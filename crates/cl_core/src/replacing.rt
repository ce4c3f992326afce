//! What a client holds, put in the place of what it held. The drops of a framer, of a phase and of a session have many
//! branches: they stay in here, and those of the first two in calls of `drop`.
ghost use Rattle.std.specs.Prelude.{◌≡◌, Some};

use cl_handlers::Phase;
use sm_outbox::Session;
use std::mem;
use xml_framer::Framer;

/// Puts another framer, or none, in the place of one.
pub(crate) fn replace_framer(framer: &mut Option<Framer>, other: Option<Framer>)
    ensures { framer.new ≡ other }
{
    drop(mem::replace(framer, other));
}

/// Puts another phase in the place of one.
pub(crate) fn replace_phase(phase: &mut Phase, other: Phase)
    ensures { phase.new ≡ other }
{
    drop(mem::replace(phase, other));
}

/// Puts a session in the place of one, or of none.
pub(crate) fn put_session(place: &mut Option<Session>, session: Session)
    ensures { place.new ≡ Some session }
{
    *place = Some(session);
}
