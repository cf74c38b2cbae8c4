// One channel of a varblock: its count, then its coefficients (`hf_coeff.rs`).
ghost use Rattle.std.specs.Prelude.{◌≡◌, [], ◌∷◌, ◌<◌, ◌≤◌, length, drop};
ghost use Rattle.coeff_walk.specs.Item.{counted};
ghost use Rattle.coeff_walk.specs.laws.Outcome.{WalkShown, AllUseUp};
ghost use Rattle.coeff_walk.specs.laws.Items.{ItemReady, item_at, spot_of};
ghost use Rattle.coeff_group.specs.laws.Steps.{InGrid};

use crate::count::{count_cluster, first_prev};
use coeff_places::read_places;
use coeff_walk::shape::Shape;
use coeff_walk::spot::Spot;
use refusal::Refusal;

// The first cell of a varblock, in a grid of a group `bw` blocks wide.
fn spot_of(v: Shape, bw: usize) -> Spot
    requires { (v.x < 32) × (v.y < 32) × (bw ≤ 32) }
    ensures { result ≡ spot_of v bw }
{
    Spot {
        width: 8 * bw,
        x: 8 * v.x,
        y: 8 * v.y,
        exponent: v.exponent,
        turn: v.turn,
    }
}

// A count, then coefficients, in a group `bw` blocks wide. `list` is the order's list of this channel, `row` its row of counts,
// `at` the symbols read.
fn read_counted<'a>(
    v: Shape,
    bw: usize,
    block_context: usize,
    clusters: usize,
    preset_map: &'a [u8],
    list: &'a [u16],
    row: &'a [u32; 32],
    symbols: &'a [u32],
    at: usize,
    shift: u32,
    log: &mut [u8],
    grid: &mut [u32],
) -> Result<usize, Refusal>
    requires { ItemReady v bw block_context clusters (length preset_map.now) (length list.now) at shift (length log.old) }
    ensures { WalkShown result log.new grid.new (counted shift clusters preset_map.now (item_at v bw block_context list.now) row.now (drop at symbols.now) at log.old grid.old) × AllUseUp (item_at v bw block_context list.now ∷ []) symbols.now at result }
{
    if symbols.len() <= at {
        return Err(Refusal::SymbolsEnd(at));
    }
    let n = symbols[at] as usize;
    log[at] = count_cluster(preset_map, row, v.x, v.y, block_context, clusters);
    let next = at + 1;
    if n == 0 {
        return Ok(next);
    }
    let spot = spot_of(v, bw);
    let prev = first_prev(n, v.exponent);
    let low = 2 << v.exponent;
    let begin = block_context * 458 + 37 * clusters;
    let end = begin + 458;
    read_places(
        &list[low..],
        spot,
        symbols,
        next,
        n,
        prev,
        &preset_map[begin..end],
        shift,
        log,
        grid,
    )
}

// Channel c, in its grid. A call for each: the C interface lends three grids, and a choice among three that are lent, before one
// call, loses what each of them ends as.
pub(crate) fn read_in_grid<'a>(
    c: usize,
    v: Shape,
    bw: usize,
    block_context: usize,
    clusters: usize,
    preset_map: &'a [u8],
    list: &'a [u16],
    row: &'a [u32; 32],
    symbols: &'a [u32],
    at: usize,
    shift: u32,
    log: &mut [u8],
    g0: &mut [u32],
    g1: &mut [u32],
    g2: &mut [u32],
) -> Result<usize, Refusal>
    requires { (c < 3) × ItemReady v bw block_context clusters (length preset_map.now) (length list.now) at shift (length log.old) }
    ensures { InGrid c (g0.old ∷ g1.old ∷ g2.old ∷ []) result log.new (g0.new ∷ g1.new ∷ g2.new ∷ []) (λ g. counted shift clusters preset_map.now (item_at v bw block_context list.now) row.now (drop at symbols.now) at log.old g) × AllUseUp (item_at v bw block_context list.now ∷ []) symbols.now at result }
{
    if c == 0 {
        return read_counted(
            v,
            bw,
            block_context,
            clusters,
            preset_map,
            list,
            row,
            symbols,
            at,
            shift,
            log,
            g0,
        );
    }
    if c == 1 {
        return read_counted(
            v,
            bw,
            block_context,
            clusters,
            preset_map,
            list,
            row,
            symbols,
            at,
            shift,
            log,
            g1,
        );
    }
    read_counted(
        v,
        bw,
        block_context,
        clusters,
        preset_map,
        list,
        row,
        symbols,
        at,
        shift,
        log,
        g2,
    )
}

━━━━━━━━━━━━━━━━━━━━

## DESCRIPTION OF THE TASK
Only the count is wanted. Count the lines of the data above that include the string "laws".

## EXERCISE ANSWER
3